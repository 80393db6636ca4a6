//! Loads and stores that wait for their shard.

ghost use Rattle.block_shard.specs.journal_core.specs.Entries.{fits, is_control};
ghost use Rattle.block_shard.specs.ruled_cells.specs.Calls.{IsOf};
ghost use Rattle.block_shard.specs.ruled_cells.specs.Ruling.{names};
ghost use Rattle.block_shard.specs.ruled_cells.specs.Seats.{HasCell, IsNoTry, IsSameSeat, seat_view, turns_of};
ghost use Rattle.block_shard.specs.ruled_cells.specs.Telling.{ToldCell};
ghost use Rattle.block_shard.specs.shard_laws.specs.Right.{stripe_reads};
ghost use Rattle.shared_device.specs.Commanding.{commanding_reads};
ghost use Rattle.shared_device.specs.Passing.{Called, IsOneOf, IsSamePass, Uncalled, pass_actor, pass_calls};
ghost use Rattle.shared_device.specs.Visiting.{HasVisited, MayVisit};
ghost use Rattle.std.specs.Prelude.{◌≡◌, ◌^◌, ◌<◌, suc, IfOk, IsTrue, None, OnErr, false, length, slice_set};

use crate::cells::{ControlCell, ShardCell};
use crate::moment::Moment;
use crate::pass::Pass;
use crate::shared::Shared;
use crate::target::{Target, target_of};
use block_shard::journal_core::{Act, Reply};
use block_shard::ruled_cells::Seat;
use dcd_base::{NoMemory, Stamp};
use std::sync::Wait;

impl Shared {
    /// Takes a load or a store of a host's pass, and answers its reply. It waits for the turn of the shard of its place, or of
    /// shard 0 where there is none. Without memory nothing has changed.
    pub fn access<R: Wait, M: Moment>(
        &self,
        rt: &R,
        pass: &mut Pass,
        line: u32,
        act: &Act,
        moment: &M,
    ) -> Result<Reply, NoMemory>
        requires of { IsOneOf self.now pass.old }
        requires fits { IsTrue (fits self.now.config.hosts (pass_actor pass.old) act.now) }
        requires access { is_control act.now ≡ false }
        requires room { length (pass_calls pass.old) < 2 ^ 32 }
        ensures same { IsSamePass self.now pass.old pass.new }
        ensures called { IfOk result (λ reply. Called line act.now reply pass.old pass.new) }
        ensures kept { OnErr result (Uncalled pass.old pass.new) }
    {
        let target = target_of(&self.config, pass.actor, act);
        let cell = self.cells.take(rt, &mut pass.seat, target.index);
        moment.inside(pass.actor, line);
        let (reply, stamp) = self.enter(&mut pass.seat, pass.seen, line, act, &target, cell)?;
        pass.seen = stamp;
        pass.calls += 1;
        Ok(reply)
    }

    /// Enters a load or a store at the shard that was taken, and gives the shard back. Without memory it is as it was taken.
    pub(crate) fn enter(
        &self,
        seat: &mut Seat<ControlCell, ShardCell>,
        seen: Stamp,
        line: u32,
        act: &Act,
        target: &Target,
        mut cell: ShardCell,
    ) -> Result<(Reply, Stamp), NoMemory>
        requires of { IsOf self.now.cells seat.old }
        requires may { MayVisit self.now.config act.now target.now seat.old }
        requires turn { HasCell seat.old target.now.index cell }
        requires told { ToldCell (names commanding_reads stripe_reads) (seat_view seat.old) cell }
        requires seen { (seat_view seat.old).seen ≡ seen }
        ensures seat { IsSameSeat seat.old seat.new }
        ensures no_try { IsNoTry seat.old seat.new }
        ensures turns { turns_of seat.new ≡ slice_set (turns_of seat.old) (suc target.now.index) None }
        ensures visited { IfOk result (λ done. HasVisited line target.now.host act.now done seat.old seat.new) }
        ensures kept { OnErr result (seat_view seat.new ≡ seat_view seat.old) }
    {
        let done = cell.access(seen, seat.number(), line, target.host, act, target.at);
        self.cells.give(seat, target.index, cell);
        done
    }
}
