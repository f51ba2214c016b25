ghost use Rattle.std.specs.Prelude.{◌≡◌, IfOk, IsTrue, nat_lt, option_map};
ghost use Rattle.heap_core.specs.declared.value.Value.{Value};
ghost use Rattle.heap_core.specs.declared.value.Value.TheVariants.{Null as no_object, Obj as object_of, Num as number_value};
ghost use Rattle.heap_core.specs.declared.value.Seen.TheVariants.{Is, Out};
ghost use Rattle.heap_core.specs.Outcomes.{flag, number as number_lem, value_in};
ghost use Rattle.heap_core.specs.Posed.{Posed};
ghost use Rattle.rel_core.specs.Reading.{Reading};
ghost use Rattle.rel_core.specs.Meaning.{number_of, set_of};
ghost use Rattle.rel_core.specs.Uses.{Kinds, is_sorted_number, is_sorted_set, is_variable, use_of_kind};
ghost use Rattle.rel_core.specs.Shown.{ShowsValue};
ghost use Rattle.clause_terms.specs.Terms.{HasValue, IsOnly, IsSortedTerm, Tells, is_sorted_shape};

use crate::copies::{number_copy, set_copy};
use crate::term::{Shape, Term};
use no_memory::NoMemory;
use rel_core::{Formula, NumExpr, RelExpr, RelVar};
use sqlite_items::Boxed;
use std::alloc::Global;
use taco_unit::Kind;

/// What a relation has at place 0, by its kind.
fn slot(alloc: Global, kind: Kind, relation: RelVar) -> Result<Shape, NoMemory>
    ensures value { IfOk result (λ r. (m : Reading) (v : Value) → ShowsValue m kind relation 0 v → HasValue m r v) }
    ensures sorted { IfOk result (λ r. (p : Posed) (kinds : Kinds) → IsTrue (is_variable p kinds (use_of_kind kind) relation) → IsTrue (is_sorted_shape p kinds r)) }
{
    match kind {
        Kind::Int => {
            let number = NumExpr::variable(alloc, relation)?;
            Ok(Shape::Number(number))
        }
        Kind::Flag => {
            let truth = Formula::flag(alloc, relation)?;
            Ok(Shape::Truth(truth))
        }
        Kind::Ref(_) => {
            let set = RelExpr::variable(alloc, relation)?;
            Ok(Shape::Set(set))
        }
    }
}

/// The parts of clauses that evaluate nothing else. Each call is constant in time, but for the copies of what
/// it is given, and its result is sorted where the relations are used by their kinds.
impl Term {
    /// A value, where there always is one.

    pub(crate) fn sure(alloc: Global, value: Shape) -> Result<Term, NoMemory>
        ensures told { IfOk result (λ r. (m : Reading) (v : Value) → HasValue m value v → Tells (Is v) r m) }
        ensures sorted { IfOk result (λ r. (p : Posed) (kinds : Kinds) → IsTrue (is_sorted_shape p kinds value) → IsSortedTerm p kinds r) }
    {
        let fine = Formula::constant(alloc, true)?;
        let inside = Formula::constant(alloc, true)?;
        Ok(Term {
            value,
            fine,
            inside,
        })
    }

    /// What is not there, or is of no kind that is asked for: it leaves the scopes.
    pub fn missing(alloc: Global) -> Result<Term, NoMemory>
        ensures told { IfOk result (λ r. (m : Reading) → Tells Out r m) }
        ensures sorted { IfOk result (λ r. (p : Posed) (kinds : Kinds) → IsSortedTerm p kinds r) }
    {
        let fine = Formula::constant(alloc, false)?;
        let inside = Formula::constant(alloc, false)?;
        let value = Formula::constant(alloc, false)?;
        Ok(Term {
            value: Shape::Truth(value),
            fine,
            inside,
        })
    }

    /// A number, where there is one, and else Out.
    #[tactic(auto, using(crate::proofs::Fitting::told_number))]
    pub(crate) fn number(alloc: Global, number: Boxed<NumExpr>) -> Result<Term, NoMemory>
        ensures told { IfOk result (λ r. (m : Reading) → Tells (value_in (option_map number_value (number_of number m))) r m) }
        ensures sorted { IfOk result (λ r. (p : Posed) (kinds : Kinds) → IsTrue (is_sorted_number p kinds number) → IsSortedTerm p kinds r) }
    {
        let first = number_copy(alloc, &number)?;
        let second = number_copy(alloc, &number)?;
        let fine = Formula::fits(alloc, first)?;
        let inside = Formula::fits(alloc, second)?;
        Ok(Term {
            value: Shape::Number(number),
            fine,
            inside,
        })
    }

    /// A number as it is written.
    #[tactic(auto, using(crate::proofs::Fitting::told_fitting))]
    pub fn literal(alloc: Global, number: i32) -> Result<Term, NoMemory>
        ensures told { IfOk result (λ r. (m : Reading) → Tells (number_lem m.ints number) r m) }
        ensures sorted { IfOk result (λ r. (p : Posed) (kinds : Kinds) → IsSortedTerm p kinds r) }
    {
        let written = NumExpr::constant(alloc, number)?;
        let term = Term::number(alloc, written)?;
        Ok(term)
    }

    /// A truth value.
    pub fn constant(alloc: Global, truth: bool) -> Result<Term, NoMemory>
        ensures told { IfOk result (λ r. (m : Reading) → Tells (flag truth) r m) }
        ensures sorted { IfOk result (λ r. (p : Posed) (kinds : Kinds) → IsSortedTerm p kinds r) }
    {
        let value = Formula::constant(alloc, truth)?;
        let term = Term::sure(alloc, Shape::Truth(value))?;
        Ok(term)
    }

    /// Null.
    pub fn null(alloc: Global) -> Result<Term, NoMemory>
        ensures told { IfOk result (λ r. (m : Reading) → Tells (Is no_object) r m) }
        ensures sorted { IfOk result (λ r. (p : Posed) (kinds : Kinds) → IsSortedTerm p kinds r) }
    {
        let set = RelExpr::nil(alloc)?;
        let term = Term::sure(alloc, Shape::Set(set))?;
        Ok(term)
    }

    /// The object of this number.
    pub fn object(alloc: Global, object: u8) -> Result<Term, NoMemory>
        ensures told { IfOk result (λ r. (m : Reading) → IsTrue (nat_lt object m.objects) → Tells (Is (object_of object)) r m) }
        ensures sorted { IfOk result (λ r. (p : Posed) (kinds : Kinds) → IsTrue (nat_lt object p.scope.objects) → IsSortedTerm p kinds r) }
    {
        let set = RelExpr::object(alloc, object)?;
        let term = Term::sure(alloc, Shape::Set(set))?;
        Ok(term)
    }

    /// The reference that is the only one of a set, which is copied.
    pub fn reference(alloc: Global, set: &Boxed<RelExpr>) -> Result<Term, NoMemory>
        ensures told { IfOk result (λ r. (m : Reading) (v : Value) → IsOnly m (set_of set.now m) v → Tells (Is v) r m) }
        ensures sorted { IfOk result (λ r. (p : Posed) (kinds : Kinds) → IsTrue (is_sorted_set p kinds set.now) → IsSortedTerm p kinds r) }
    {
        let copied = set_copy(alloc, set)?;
        let term = Term::sure(alloc, Shape::Set(copied))?;
        Ok(term)
    }

    /// The value of a program variable.
    pub fn variable(alloc: Global, kind: Kind, relation: RelVar) -> Result<Term, NoMemory>
        ensures told { IfOk result (λ r. (m : Reading) (v : Value) → ShowsValue m kind relation 0 v → Tells (Is v) r m) }
        ensures sorted { IfOk result (λ r. (p : Posed) (kinds : Kinds) → IsTrue (is_variable p kinds (use_of_kind kind) relation) → IsSortedTerm p kinds r) }
    {
        let value = slot(alloc, kind, relation)?;
        let term = Term::sure(alloc, value)?;
        Ok(term)
    }
}
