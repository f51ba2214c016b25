//! What the outcome of a clause's evaluation is shown by: a value with two formulas, for each operator of clauses.
#![tactic(auto)]

mod after;
mod copies;
mod instances;
mod laws;
mod leaves;
mod numbers;
mod operators;
mod reach;
mod reads;
mod term;
mod truths;

pub use instances::Instances;
pub use laws::{chains_go_right, flags_settle, other_fields_are_lacking};
pub use term::{Shape, Term, Truth};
━━━━━━━━━━━━━━━━
Copy out the range of lines above starting at the line with "IsOneOf self.now pass.old" and ending at the line with "Result<(Reply, Stamp), NoMemory>", exactly and including both.

        requires of { IsOneOf self.now pass.old }
        requires fits { IsTrue (fits self.now.config.hosts (pass_actor pass.old) act.now) }
        requires access { is_control act.now ≡ false }
        requires room { length (pass_calls pass.old) < 2 ^ 32 }
        ensures same { IsSamePass self.now pass.old pass.new }
        ensures called { IfOk result (λ reply. Called line act.now reply pass.old pass.new) }
        ensures kept { OnErr result (Uncalled pass.old pass.new) }
    {
        let target = target_of(&self.config, pass.actor, act);
        let cell = self.cells.take(rt, &mut pass.seat, target.index);
        moment.inside(pass.actor, line);
        let (reply, stamp) = self.enter(&mut pass.seat, pass.seen, line, act, &target, cell)?;
        pass.seen = stamp;
        pass.calls += 1;
        Ok(reply)
    }

    /// Enters a load or a store at the shard that was taken, and gives the shard back. Without memory it is as it was taken.
    pub(crate) fn enter(
        &self,
        seat: &mut Seat<ControlCell, ShardCell>,
        seen: Stamp,
        line: u32,
        act: &Act,
        target: &Target,
        mut cell: ShardCell,
    ) -> Result<(Reply, Stamp), NoMemory>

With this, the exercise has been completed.